On Wed, Sep 28, 2016 at 11:54 AM, Mike <mikesam...@gmail.com> wrote:
> Hi Tim,
>
> Thank you for the answer. The goal is to share the control plane among ,say,
> 100 smaller clusters (only worker nodes in each cluster) which will save you
> something like 100*3=300 control plane nodes so it seems to be significant
> unless I am missing something when you refer to it as not gaining much.
> Would you please elaborate on this? Not that I disagree with you but I just
> want to understand your point.

Numerically it saves YOU but the amount of engineering to make it work
is still disproportionate to the savings.  This is something that very
few people have asked for over the course of 2 years.  If we had
hundreds of people pounding the table and demanding it, it might make
more sense, but we just don't (yet?).

> Stating the worker groups to be in different cloud accounts emphasis that
> actually each worker group is, in fact, a different pool of VMs but they all
> share a single control plane for cost saving and simplicity. Again this is
> how amazon ECS seems to operate.

Sure, but ECS is an software project of enormous scale, with thousands
of customers being serviced.   It is internally sharded and federated,
so that when portions of it go down, it doesn't ALL go down.  Google
Cloud is exactly the same.  In truth, these mega-services follow
something much closer to a federated model.

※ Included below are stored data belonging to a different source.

//! The next hidden numbers of the tables that have drawn some: an entry a table.

ghost use Rattle.std.specs.Prelude.{◌≡◌, OnOk};
ghost use Rattle.mr_spec.specs.World.{at_name};
ghost use Rattle.mr_model_engine.specs.Worlds.{numbers_in, place_among as place_of_name};

use crate::engine::NextNumber;
use mr_base::{Blob, Memory};
use mr_model_rows::in_front;
use sqlite_items::Items;
use std::alloc::Global;
use std::mem;

/// Next hidden numbers. A table's first entry tells; a table without one begins at 1.
pub type Numbers = Items<NextNumber>;

/// The next hidden number of a table among these.
pub fn number_among(numbers: &[NextNumber], table: &[u8]) -> u64
    ensures { result ≡ numbers_in numbers.now table.now }
{
    for entry in numbers {
        if table == entry.table.as_slice() {
            return entry.number;
        }
    }
    1
}

/// The place of the table's first entry; their number where it has none.
fn place_among(numbers: &[NextNumber], table: &[u8]) -> usize
    ensures { result ≡ place_of_name table.now numbers.now }
{
    for (i, entry) in numbers.iter().enumerate() {
        if table == entry.table.as_slice() {
            return i;
        }
    }
    numbers.len()
}

/// The table's next hidden number is this one, in the entry that it has, or in a new one.
#[tactic(auto, using(crate::proofs::Entries::replaced))]
pub fn set_among(
    alloc: Global,
    numbers: &mut Numbers,
    table: &[u8],
    number: u64,
) -> Result<(), Memory>
    ensures { OnOk result (numbers_in numbers.new ≡ at_name table.now number (numbers_in numbers.old)) }
{
    let entry = NextNumber {
        table: Blob::from_slice(alloc, table)?,
        number,
    };
    let place = place_among(numbers.as_slice(), table);
    if place < numbers.len() {
        numbers.set(place, entry);
    } else {
        let others = mem::replace(numbers, Numbers::new(alloc));
        *numbers = in_front(alloc, entry, others)?;
    }
    Ok(())
}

> Don't you need a control plane per worker group/pool to be able to use
> federation?

Yes - this avoids coordinated failures, among other reasons.  I'm not
saying it wouldn't be interesting to have this - I am saying we DON'T
have it, and it would be really hard to build, and that there are 80%
solutions along the way that seem like likely resting places :)

> Thanks,
> Mike
>
> On Wednesday, September 28, 2016 at 9:50:11 AM UTC-7, Tim Hockin wrote:
>>
>> This is another variant of multi-tenancy, which is not a first-class
>> supported thing in Kubernetes yet.  You're actually making it vastly
>> more complicated by describing it as multiple cloud accounts.  That
>> implies different pools of VMs, which implies different clusters.  I
>> think federation is what you want.  We have talked about multi-cluster
>> masters before but it is a LOT of work for not that much gain,
>> frankly.  Once we have some notions of multi-tenancy, maybe this is a
>> followup to that.
>>
>> On Wed, Sep 28, 2016 at 2:03 AM, Mike <mikes...@gmail.com> wrote:
>> > Essentially the workers in one group should have no way of knowing
>> > anything
>> > or affecting anything in other groups. Actually, each group can also be
>> > in a
>> > separate cloud account and so this isolation already exists at the cloud
>> > level. It is just sharing the control plane (which also lives in a
>> > different
>> > cloud account itself) enables any vulnerability from other groups.
>> >
>> > We also want each worker group to be able to be broken up into
>> > namespaces
>> > and essentially be treated as if it was a standalone Kubernetes cluster.
>> > Really the goal in here is to have, say, hundreds of smaller
>> > Kubernetes-like
>> > clusters in say different cloud accounts/vpc's but make them all to
>> > share
>> > the control plane to save the cost of having to have a control plane per
>> > group. I think this is how the amazon ECS runs.
>> >
>> > On Tuesday, September 27, 2016 at 7:10:37 PM UTC-7, Ian Lewis wrote:
>> >>
>> >> What kind of isolation are you talking about? Network isolation? Do you
>> >> need network encapsulation? Resource (noisy neighbor) isolation? Is
>> >> nothing
>> >> shared between the groups? e.g. volumes etc.? Do pods within groups
>> >> need to
>> >> be broken up into namespaces? or can namespaces be the way you define
>> >> groups?
>> >>
>> >> Ian
>> >>
>> >> On Wed, Sep 28, 2016 at 10:59 AM Mike <mikes...@gmail.com> wrote:
>> >>>
>> >>> I am new to Kubernetes and I have a question regarding the possibility
>> >>> of
>> >>> sharing the control plane of a single Kubernetes cluster among a whole
>> >>> bunch
>> >>> of workers that are
>> >>>
>> >>> grouped into 100% isolated groups
>> >>> each workers group does not need to access any pod in any other group
>> >>> and
>> >>> actually a zero access is a must
>> >>> groups are often in isolated cloud accounts so access to the control
>> >>> plane must be through publicly IPs which translates to control plane
>> >>> machines in the same region of the same provider in a different cloud
>> >>> account.
>> >>>
>> >>> Please note that this is NOT like the new federation features where we
>> >>> have multiple separate Kubernetes clusters. This is more like the
>> >>> amazon ECS
>> >>> where isolated workers of customer talk to a single control plane
>> >>> running on
>> >>> aws backend services.
>> >>>
>> >>> Is this possible today?
>> >>> If not, what is missing?
>> >>> Can worker isolation be guaranteed with today's design?